*** Data ***

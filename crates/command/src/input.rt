// The numbers that the frame and the number of the running task give: 2, 20, 5 to 9, and an entry's 2, in the ledger's order.
ghost use Rattle.std.specs.Prelude.{◌≡◌, false, ◌&&◌, List, ℕ, ◌≤◌, eqb, length};
ghost use Rattle.ledger.specs.Lists.{first};
ghost use Rattle.ledger.specs.Refusals.{wrong_length, wrong_entry, from_input};
ghost use Rattle.tables.specs.Layout.{Fits};
ghost use Rattle.refusals.specs.Numbers.{number_in};
ghost use Rattle.ledger.specs.Config.{config_in};
ghost use Rattle.command.specs.Codes.{view_follows, view_fields};
ghost use Rattle.command.specs.Configured.{Says, Framed};
ghost use Rattle.command.specs.Table.{EntryIn};
ghost use Rattle.command.specs.Input.{Row, field_checks};

use crate::codes::{Fields, Follows};
use crate::fields;
use refusals::Refusal;
use tables::shape::Shape;

// Whether an entry of so many bytes is not as wide as those of queue q.
#[tactic(auto, using(crate::specs::Input::entry_told), unfolding(ledger::specs::Refusals::wrong_entry))]
fn wrong_entry(follows: Follows, config: &[u8], shape: Shape, q: u8, size: usize) -> bool
    requires { Framed config.now shape × EntryIn shape (view_follows follows) q }
    ensures { (e : List ℕ) → length e ≡ size → result ≡ wrong_entry (config_in config.now) (view_follows follows) q e }
{
    if let Follows::XAndEntry = follows {
        let ring = configuration::block::ring_of(config, shape, q as usize);
        return size != ring.width;
    }
    false
}

// 20: a service while the null task runs.
fn nobody_asks(service: bool, me: u8) -> bool
    ensures { result ≡ (service && eqb me 0) }
{
    service && me == 0
}

// 5 to 9.
fn wrong_fields(u: Fields, frame: &[u8], shape: Shape, me: u8) -> Result<(), Refusal>
    requires { (5 ≤ length frame.now) × (wrong_length (view_follows u.follows) (length frame.now) ≡ false) × Fits shape shape.end }
    ensures { Says shape (λ c. first (field_checks c (view_fields u) me frame.now)) (number_in result) }
{
    if fields::wrong_task(u.a, shape, me, frame[1]) {
        return Err(Refusal::Task);
    }
    if fields::wrong_semaphore(u.b, shape, frame[2]) {
        return Err(Refusal::Semaphore);
    }
    if fields::wrong_queue(u.a, shape, frame[1]) {
        return Err(Refusal::Queue);
    }
    fields::wrong_value(u.x, shape, fields::value(u.follows, frame))
}

// The frame has five bytes, its code is in the table, and `u` is the code's row.
pub fn input(u: Fields, frame: &[u8], config: &[u8], shape: Shape, me: u8) -> Result<(), Refusal>
    requires { Row frame.now u × Framed config.now shape }
    ensures { number_in result ≡ first (from_input (config_in config.now) me frame.now) }
{
    if fields::wrong_length(u.follows, frame.len()) {
        return Err(Refusal::Length);
    }
    if nobody_asks(u.service, me) {
        return Err(Refusal::NullTaskRuns);
    }
    // No `?`: it calls functions of std, whose code the theorems about runs (crates/theorems, World) cannot have.
    if let Err(refusal) = wrong_fields(u, frame, shape, me) {
        return Err(refusal);
    }
    let a = fields::meant_task(u.a, me, frame[1]);
    if wrong_entry(u.follows, config, shape, a, frame.len() - 5) {
        return Err(Refusal::Length);
    }
    Ok(())
}
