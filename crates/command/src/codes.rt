// The codes of frames, each by its number, and what each uses its fields for, as in the ledger.
ghost use Rattle.std.specs.Prelude.{◌≡◌};
ghost use Rattle.ledger.specs.Refusals as ledger;
ghost use Rattle.command.specs.Codes.{view_code, view_fields, Decodes};

use refusals::Refusal;

// The names are those of mcx11.h.
#[derive(Clone, Copy)]
pub enum Code {
    Wait = 0x01,
    Signal = 0x02,
    Pend = 0x03,
    Send = 0x04,
    Sendw = 0x05,
    Receive = 0x06,
    Dequeue = 0x07,
    Enqueue = 0x08,
    Resume = 0x09,
    Suspend = 0x0A,
    Terminate = 0x0B,
    Execute = 0x0C,
    Delay = 0x0D,
    Timer = 0x0E,
    Purge = 0x0F,
    Tick = 0x10,
    InterruptExit = 0x11,
    SeasonTimer = 0x12,
}

// The code that a frame's first byte is.
impl TryFrom<u8> for Code {
    type Error = Refusal;

    ghost try_from_gives = { Decodes };

    #[tactic(auto, unfolding(ledger::specs::Refusals::code_at, ledger::specs::Lists::at))]
    fn try_from(number: u8) -> Result<Code, Refusal> {
        match number {
            0x01 => Ok(Code::Wait),
            0x02 => Ok(Code::Signal),
            0x03 => Ok(Code::Pend),
            0x04 => Ok(Code::Send),
            0x05 => Ok(Code::Sendw),
            0x06 => Ok(Code::Receive),
            0x07 => Ok(Code::Dequeue),
            0x08 => Ok(Code::Enqueue),
            0x09 => Ok(Code::Resume),
            0x0A => Ok(Code::Suspend),
            0x0B => Ok(Code::Terminate),
            0x0C => Ok(Code::Execute),
            0x0D => Ok(Code::Delay),
            0x0E => Ok(Code::Timer),
            0x0F => Ok(Code::Purge),
            0x10 => Ok(Code::Tick),
            0x11 => Ok(Code::InterruptExit),
            0x12 => Ok(Code::SeasonTimer),
            _ => Err(Refusal::Code),
        }
    }
}

// A: a task from 1 on; one to start, which isn't running; a task, or 0 for self; a task, or 0 for any; a queue.
#[derive(Clone, Copy)]
pub enum FieldA {
    Unused,
    Task,
    ToStart,
    SelfOrTask,
    AnyOrTask,
    Queue,
}

// B: a semaphore, or 0 for self's; or 0 for that of task A; or 0 for none.
#[derive(Clone, Copy)]
pub enum FieldB {
    Unused,
    OfSelf,
    OfTask,
    OrNone,
}

#[derive(Clone, Copy)]
pub enum FieldX {
    Unused,
    Message,
    TockValue,
    Switch,
}

// What follows B: X; X and an entry; X in four bytes.
#[derive(Clone, Copy)]
pub enum Follows {
    X,
    XAndEntry,
    LongX,
}

// The semaphore that is pended or waited on: B; B, where task A waits; a queue's, if it is empty or full.
#[derive(Clone, Copy)]
pub enum Waits {
    Nowhere,
    OnB,
    TaskOnB,
    OnNotEmpty,
    OnNotFull,
}

#[derive(Clone, Copy)]
pub struct Fields {
    pub a: FieldA,
    pub b: FieldB,
    pub x: FieldX,
    pub follows: Follows,
    pub waits: Waits,
    pub service: bool,
}

// A service that uses no field and waits nowhere.
const PLAIN: Fields = Fields {
    a: FieldA::Unused,
    b: FieldB::Unused,
    x: FieldX::Unused,
    follows: Follows::X,
    waits: Waits::Nowhere,
    service: true,
};

// A service that starts a timer for a task, on its own semaphore or another.
const TIMED: Fields = Fields {
    a: FieldA::SelfOrTask,
    b: FieldB::OfTask,
    x: FieldX::TockValue,
    ..PLAIN
};

// The row of a code.
#[tactic(auto, unfolding(ledger::specs::Refusals::fields))]
pub fn row(code: Code) -> Fields
    ensures { view_fields result ≡ ledger.fields (view_code code) }
{
    match code {
        Code::Wait | Code::Pend => Fields {
            b: FieldB::OfSelf,
            waits: Waits::OnB,
            ..PLAIN
        },
        Code::Signal => Fields {
            b: FieldB::OfSelf,
            ..PLAIN
        },
        Code::Send => Fields {
            a: FieldA::Task,
            b: FieldB::OfSelf,
            x: FieldX::Message,
            ..PLAIN
        },
        Code::Sendw => Fields {
            a: FieldA::Task,
            b: FieldB::OfSelf,
            x: FieldX::Message,
            waits: Waits::OnB,
            ..PLAIN
        },
        Code::Receive => Fields {
            a: FieldA::AnyOrTask,
            ..PLAIN
        },
        Code::Dequeue => Fields {
            a: FieldA::Queue,
            waits: Waits::OnNotEmpty,
            ..PLAIN
        },
        Code::Enqueue => Fields {
            a: FieldA::Queue,
            follows: Follows::XAndEntry,
            waits: Waits::OnNotFull,
            ..PLAIN
        },
        Code::Resume => Fields {
            a: FieldA::Task,
            ..PLAIN
        },
        Code::Suspend | Code::Terminate => Fields {
            a: FieldA::SelfOrTask,
            ..PLAIN
        },
        Code::Execute => Fields {
            a: FieldA::ToStart,
            ..PLAIN
        },
        Code::Delay => Fields {
            waits: Waits::TaskOnB,
            ..TIMED
        },
        Code::Timer => TIMED,
        Code::Purge => Fields {
            x: FieldX::Switch,
            ..TIMED
        },
        Code::Tick => Fields {
            service: false,
            ..PLAIN
        },
        Code::InterruptExit => Fields {
            b: FieldB::OrNone,
            service: false,
            ..PLAIN
        },
        Code::SeasonTimer => Fields {
            follows: Follows::LongX,
            ..TIMED
        },
    }
}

*** End of Data ***

In your answer, include only the lines above starting at the line that holds "Says shape (λ" and ending at the line that holds "filename crates/command/src/codes.rt", copied exactly.

— Task result —
    ensures { Says shape (λ c. first (field_checks c (view_fields u) me frame.now)) (number_in result) }
{
    if fields::wrong_task(u.a, shape, me, frame[1]) {
        return Err(Refusal::Task);
    }
    if fields::wrong_semaphore(u.b, shape, frame[2]) {
        return Err(Refusal::Semaphore);
    }
    if fields::wrong_queue(u.a, shape, frame[1]) {
        return Err(Refusal::Queue);
    }
    fields::wrong_value(u.x, shape, fields::value(u.follows, frame))
}

// The frame has five bytes, its code is in the table, and `u` is the code's row.
pub fn input(u: Fields, frame: &[u8], config: &[u8], shape: Shape, me: u8) -> Result<(), Refusal>
    requires { Row frame.now u × Framed config.now shape }
    ensures { number_in result ≡ first (from_input (config_in config.now) me frame.now) }
{
    if fields::wrong_length(u.follows, frame.len()) {
        return Err(Refusal::Length);
    }
    if nobody_asks(u.service, me) {
        return Err(Refusal::NullTaskRuns);
    }
    // No `?`: it calls functions of std, whose code the theorems about runs (crates/theorems, World) cannot have.
    if let Err(refusal) = wrong_fields(u, frame, shape, me) {
        return Err(refusal);
    }
    let a = fields::meant_task(u.a, me, frame[1]);
    if wrong_entry(u.follows, config, shape, a, frame.len() - 5) {
        return Err(Refusal::Length);
    }
    Ok(())
}
filename crates/command/src/codes.rt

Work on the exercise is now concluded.